*** Begin section ***
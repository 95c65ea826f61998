//! The device files of a folder are opened, each once, and locked; when all are, each is synced.
ghost use Rattle.std.specs.Prelude.{◌≡◌, ◌≢◌, ◌<◌, ◌≤◌, ◌↔◌, ◌⊎◌, Err, IfErr, IfOk, IfSome, IsNone, OnOk, OnErr};
ghost use Rattle.std.specs.Prelude.{IsSomeAnd, IsTrue, false, pos, replicate, true, ℕ};
ghost use Rattle.std.specs.IoError.{raw_os_error};
ghost use Rattle.device_files.specs.declared.Reason.{Reason};
ghost use Rattle.device_files.specs.declared.Shortage.{Shortage};
ghost use Rattle.device_files.specs.DeviceFiles.{AreMadeSafe, AreOtherFlagsKept, AreOthersKept, IsMadeSafe, IsOpenedAs};
ghost use Rattle.device_files.specs.DeviceFiles.{IsSince, IsStillOpen, WereMadeSafe, barred_in, file_in, flag_in};
ghost use Rattle.device_files.specs.DeviceFiles.{slot_path};
ghost use Rattle.device_files.specs.Faults.{IsFailedOpening, IsOpenFault, IsOpenFaultOf, IsGivenUp, IsOpening, IsShort};
ghost use Rattle.device_files.specs.Faults.{IsUnclaimed, IsUnsafe, IsUnsafeSlot, IsUnsyncedIn, LeadsElsewhere, LeadsTo};
ghost use Rattle.device_files.specs.Faults.{SaysAbsent, SaysNoShortage, SaysShort, WasAbsent, WasNotAbsent, code_of};

use super::growing::{Growing, sync_whole};
use super::paths::Paths;
use super::slot_files::{OpenFault, SlotFiles};
use super::{Before, DeviceFiles, FolderFault, Lock, Locked, Reason, SLOTS, Shortage, path_of};
use sector_model::Refusal;
use std::alloc::Global;
use std::io::{self, ErrorKind};

/// Opens the files of a folder for reading and writing, each once, and locks each without waiting; when all ten are
/// locked, syncs each, before any of them is read. None is created or cut. A file that is absent, to which a link leads
/// nowhere, that can't be opened for a fault of its own, or whose sync fails leaves a slot without a device. So does
/// one that is there and can't be opened for want of rights, of a file system that can be written, or of file numbers,
/// which is noted (`barred`).
///
/// An earlier program that was killed may have left writes in the system's memory. What would be read of them is no
/// disk's yet, and a power cut would take it back after this program has gone on from it: so it is made safe first. The
/// system tells only once that a write could not be made safe, so a file whose sync fails is not used, nor synced
/// again.
///
/// `InUse` names the first slot whose file another open file has, be it another slot's, or to whose path another file
/// came before it was locked; `NotRegular` the first in whose file's place something else stands; `NotSafe` the first
/// whose sync says that there is no room (ENOSPC, EDQUOT). `Memory` where an allocation was refused. All files are
/// closed then.
pub fn open_folder<D: SlotFiles>(
    alloc: Global,
    disk: &D,
    folder: &str,
) -> Result<DeviceFiles<D::File>, FolderFault>
    ensures safe { IfOk result (λ files. WereMadeSafe D.File.tells D.File.told D.File.is_safe
        (IsGivenUp D.File.has_failed D.File.sync_failed)
        (λ slot. D.opens disk.now (slot_path folder.now slot)) files.files.items files.unsynced files.barred) }
    ensures locked { IfOk result (λ files. (slot : ℕ) → slot < 10
        → IfSome (file_in files.files.items slot) D.File.is_locked) }
    ensures noted { IfOk result (λ files. files.before ≡ replicate 10 Before.Same) }
    ensures fault { IfErr result IsOpenFault }
    ensures blamed { IfErr result (IsFailedOpening (λ slot. D.opens disk.now (slot_path folder.now slot))
        (IsSince D.File.tells D.File.told D.File.has_failed)) }
    ensures short { IfErr result (IsShort D.File.sync_failed) }
{
    let mut files = open_all(alloc, disk, folder)?;
    make_safe(&mut files)?;
    Ok(files)
}

// Opens and locks the files of a folder.
fn open_all<D: SlotFiles>(
    alloc: Global,
    disk: &D,
    folder: &str,
) -> Result<DeviceFiles<D::File>, FolderFault>
    ensures opened { IfOk result (λ files. (slot : ℕ) → slot < 10
        → IsOpenedAs (D.opens disk.now (slot_path folder.now slot)) (file_in files.files.items slot)
        (barred_in files.barred slot)) }
    ensures locked { IfOk result (λ files. (slot : ℕ) → slot < 10
        → IfSome (file_in files.files.items slot) D.File.is_locked) }
    ensures noted { IfOk result (λ files. files.before ≡ replicate 10 Before.Same) }
    ensures fault { IfErr result IsOpenFault }
    ensures blamed { IfErr result (IsFailedOpening (λ slot. D.opens disk.now (slot_path folder.now slot))
        (IsSince D.File.tells D.File.told D.File.has_failed)) }
    ensures short { IfErr result (IsShort D.File.sync_failed) }
{
    let mut files = Vec::with_capacity(alloc, SLOTS)?;
    let mut barred = [None; SLOTS];
    for slot in 0..SLOTS {
        let (file, reason) = open_slot(alloc, disk, folder, slot as u8)?;
        barred[slot] = reason;
        if files.push(file).is_err() {
            return Err(FolderFault::Refused(Refusal::Memory));
        }
    }
    Ok(DeviceFiles {
        files,
        before: [Before::Same; SLOTS],
        unsynced: [false; SLOTS],
        barred,
    })
}

// Opens and locks the file of a slot, or says why one that is there could not be opened.
fn open_slot<D: SlotFiles>(
    alloc: Global,
    disk: &D,
    folder: &str,
    slot: u8,
) -> Result<(Option<D::File>, Option<Reason>), FolderFault>
    ensures opened { IfOk result (λ found. IsOpenedAs (D.opens disk.now (slot_path folder.now slot)) found.0 found.1) }
    ensures locked { IfOk result (λ found. IfSome found.0 D.File.is_locked) }
    ensures fault { IfErr result (IsOpenFaultOf slot) }
    ensures blamed { IfErr result (IsFailedOpening (λ other. D.opens disk.now (slot_path folder.now other))
        (IsSince D.File.tells D.File.told D.File.has_failed)) }
    ensures short { IfErr result (IsShort D.File.sync_failed) }
{
    let path = path_of(alloc, folder, slot)?;
    match disk.open(path.as_str()) {
        Ok(file) => Ok((file, None)),
        Err(OpenFault::Busy) => Err(FolderFault::InUse(slot)),
        Err(OpenFault::Barred(reason)) => Ok((None, Some(reason))),
        Err(OpenFault::NotRegular) => Err(FolderFault::NotRegular(slot)),
    }
}

/// Syncs each file. One whose sync fails is closed, and its slot is marked; one for which there is no room stops that.
pub(super) fn make_safe<G: Growing + Drop>(files: &mut DeviceFiles<G>) -> Result<(), FolderFault>
    ensures safe { OnOk result (AreMadeSafe G.tells G.told G.is_safe (IsGivenUp G.has_failed G.sync_failed)
        files.old.files.items files.new.files.items files.new.unsynced) }
    ensures locked { ((slot : ℕ) → slot < 10 → IfSome (file_in files.old.files.items slot) G.is_locked)
        → (slot : ℕ) → slot < 10 → IfSome (file_in files.new.files.items slot) G.is_locked }
    ensures noted { files.new.before ≡ files.old.before }
    ensures barred { files.new.barred ≡ files.old.barred }
    ensures fault { IfErr result (IsUnsafe (IsSince G.tells G.told G.has_failed) files.old.files.items) }
    ensures short { IfErr result (IsShort G.sync_failed) }
{
    for slot in 0..SLOTS {
        make_slot_safe(slot as u8, files)?;
    }
    Ok(())
}

// Syncs the file of a slot.
fn make_slot_safe<G: Growing + Drop>(
    slot: u8,
    files: &mut DeviceFiles<G>,
) -> Result<(), FolderFault>
    requires { slot < 10 }
    ensures safe { OnOk result (IsMadeSafe G.tells G.told G.is_safe (IsGivenUp G.has_failed G.sync_failed)
        (file_in files.old.files.items slot)
        (file_in files.new.files.items slot) (flag_in files.new.unsynced slot)) }
    ensures locked { IfSome (file_in files.old.files.items slot) G.is_locked
        → IfSome (file_in files.new.files.items slot) G.is_locked }
    ensures others { AreOthersKept files.old.files.items files.new.files.items slot }
    ensures other_flags { AreOtherFlagsKept files.old.unsynced files.new.unsynced slot }
    ensures noted { files.new.before ≡ files.old.before }
    ensures barred { files.new.barred ≡ files.old.barred }
    ensures fault { IfErr result (IsUnsafeSlot (IsSince G.tells G.told G.has_failed) slot
        (file_in files.old.files.items slot)) }
    ensures short { IfErr result (IsShort G.sync_failed) }
{
    let at = slot as usize;
    let synced = sync_open(&mut files.files[at]);
    files.unsynced[at] = synced.is_err();
    let Err(error) = synced else {
        return Ok(());
    };
    if let Some(shortage) = shortage_of(&error) {
        return Err(FolderFault::NotSafe(slot, shortage));
    }
    files.files[at] = None;
    Ok(())
}

/// Syncs a file, where there is one.
pub(super) fn sync_open<G: Growing>(file: &mut Option<G>) -> io::Result<()>
    ensures kept { IsStillOpen file.old file.new
        (λ old new. (IsTrue G.tells → G.told new ≡ G.told old) × (G.is_locked old → G.is_locked new)) }
    ensures safe { OnOk result (IfSome file.new G.is_safe) }
    ensures failed { OnErr result (IsSomeAnd file.new G.has_failed) }
    ensures answered { IfErr result (λ error. IsSomeAnd file.new (λ it. G.sync_failed it error)) }
{
    match file {
        Some(file) => sync_whole(file),
        None => Ok(()),
    }
}

/// Refuses the first slot from `first` on, below `end` and below 10, whose file's sync failed when it was opened, as
/// `NoFile`.
pub fn refuse_unsynced<G: Drop>(
    files: &DeviceFiles<G>,
    first: u8,
    end: u8,
) -> Result<(), FolderFault>
    ensures none { OnOk result ((slot : ℕ) → first ≤ slot → slot < end → slot < 10
        → flag_in files.now.unsynced slot ≡ false) }
    ensures fault { IfErr result (IsUnsyncedIn files.now.unsynced first end) }
{
    for slot in first..end.min(SLOTS as u8) {
        if files.unsynced[slot as usize] {
            return Err(FolderFault::NoFile(slot));
        }
    }
    Ok(())
}

/// Opens a file, where there is one that can be, for reading and writing, and locks it. What is known to be no regular
/// file is not opened, and what is seen to be none when it is open is not taken: `NotRegular`.
pub(super) fn open_claimed<P: Paths>(
    paths: &P,
    path: &str,
) -> Result<Option<Locked<P::Open>>, OpenFault>
where
    P::Open: Lock,
    ensures ours { IfOk result (λ file. IfSome file (λ locked. P.Open.is_ours locked.file)) }
    ensures inspected { OnOk result (P.leading_other paths.now path.now false) }
    ensures regular { IfOk result (λ file. IfSome file (λ locked. P.other locked.file false)) }
    ensures other { result ≡ Err OpenFault.NotRegular → P.leading_other paths.now path.now true
        ⊎ ((locked : P.Open) × P.other locked true) }
{
    if paths.leads_to_other(path) {
        return Err(OpenFault::NotRegular);
    }
    match open_file(paths, path) {
        Ok(Some(file)) => claim(paths, path, file).map(Some),
        Ok(None) => Ok(None),
        Err(reason) => Err(OpenFault::Barred(reason)),
    }
}

/// Opens a file, where there is one that can be, for reading and writing.
pub(super) fn open_file<P: Paths>(paths: &P, path: &str) -> Result<Option<P::Open>, Reason>
    ensures { IsOpening (P.opening paths.now path.now) (P.leading paths.now path.now) result }
{
    let opened = paths.open_there(path);
    file_or_reason(paths, path, opened)
}

/// The file that was opened at a path; none where the device is taken for lost. The reason for which it could not be
/// opened is the caller's, and says nothing of the device.
pub(super) fn file_or_reason<P: Paths>(
    paths: &P,
    path: &str,
    opened: io::Result<P::Open>,
) -> Result<Option<P::Open>, Reason>
    ensures { IsOpening (λ it. it ≡ opened) (P.leading paths.now path.now) result }
{
    let error = match opened {
        Ok(file) => return Ok(Some(file)),
        Err(error) => error,
    };
    let Some(reason) = reason_of(&error) else {
        return Ok(None);
    };
    if is_absent(paths, path) {
        return Ok(None);
    }
    Err(reason)
}

/// Whether a path leads to no file, so far as the system tells.
pub(super) fn is_absent<P: Paths>(paths: &P, path: &str) -> bool
    ensures absent { result ≡ true → WasAbsent (P.leading paths.now path.now) }
    ensures there { result ≡ false → WasNotAbsent (P.leading paths.now path.now) }
{
    match paths.place_at(path) {
        Ok(_) => false,
        Err(error) => says_absent(&error),
    }
}

/// Whether a fault says that a path leads to no file.
pub(super) fn says_absent(error: &io::Error) -> bool
    ensures { result ≡ true ↔ SaysAbsent error.now }
{
    matches!(error.kind(), ErrorKind::NotFound | ErrorKind::NotADirectory)
}

// Whether a fault of a sync says that there is no room, and of which kind.
fn shortage_of(error: &io::Error) -> Option<Shortage>
    ensures some { IfSome result (SaysShort error.now) }
    ensures none { IsNone result → SaysNoShortage error.now }
{
    match error.raw_os_error()? {
        28 => Some(Shortage::Space),
        122 => Some(Shortage::Quota),
        _ => None,
    }
}

// Whether a fault of opening comes of the caller's rights or limits, and of which.
fn reason_of(error: &io::Error) -> Option<Reason>
    ensures some { IfSome result (λ reason. raw_os_error error.now ≡ Some (pos (code_of reason))) }
    ensures none { IsNone result → (reason : Reason) → raw_os_error error.now ≢ Some (pos (code_of reason)) }
{
    match error.raw_os_error()? {
        1 => Some(Reason::NotPermitted),
        13 => Some(Reason::Permission),
        23 => Some(Reason::TooManyFilesInSystem),
        24 => Some(Reason::TooManyFiles),
        30 => Some(Reason::ReadOnly),
        _ => None,
    }
}

/// Locks an open file, and looks again whether the path leads to it: else another program may have put another file
/// there meanwhile. `Busy` where that is so or another open file has the lock, and `NotRegular` where it is no regular
/// file.
pub(super) fn claim<P: Paths>(
    paths: &P,
    path: &str,
    file: P::Open,
) -> Result<Locked<P::Open>, OpenFault>
where
    P::Open: Lock,
    ensures ours { IfOk result (λ locked. P.Open.is_ours locked.file) }
    ensures there { IfOk result (λ locked. LeadsTo (P.leading paths.now path.now) (P.lying locked.file)) }
    ensures regular { IfOk result (λ locked. P.other locked.file false) }
    ensures fault { IfErr result (IsUnclaimed (P.Open.is_theirs file
        ⊎ ((locked : P.Open) × LeadsElsewhere (P.leading paths.now path.now) (P.lying locked)))
        ((locked : P.Open) × P.other locked true)) }
{
    let Some(locked) = Locked::over(file) else {
        return Err(OpenFault::Busy);
    };
    if paths.is_other(&locked.file) {
        return Err(OpenFault::NotRegular);
    }
    if leads_to(paths, path, &locked.file) {
        Ok(locked)
    } else {
        Err(OpenFault::Busy)
    }
}

// Whether a path leads to an open file.
fn leads_to<P: Paths>(paths: &P, path: &str, file: &P::Open) -> bool
    ensures same { result ≡ true → LeadsTo (P.leading paths.now path.now) (P.lying file.now) }
    ensures apart { result ≡ false → LeadsElsewhere (P.leading paths.now path.now) (P.lying file.now) }
{
    let (Ok(there), Ok(here)) = (paths.place_at(path), paths.place_of(file)) else {
        return false;
    };
    there == here
}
*** End section ***
▶ WHAT TO DO
From the records above, copy only the lines starting with the line that holds "all ten are" and going on through the line that holds "a link leads", exactly as written.

▶ ANSWER TO THIS PROBLEM
/// Opens the files of a folder for reading and writing, each once, and locks each without waiting; when all ten are
/// locked, syncs each, before any of them is read. None is created or cut. A file that is absent, to which a link leads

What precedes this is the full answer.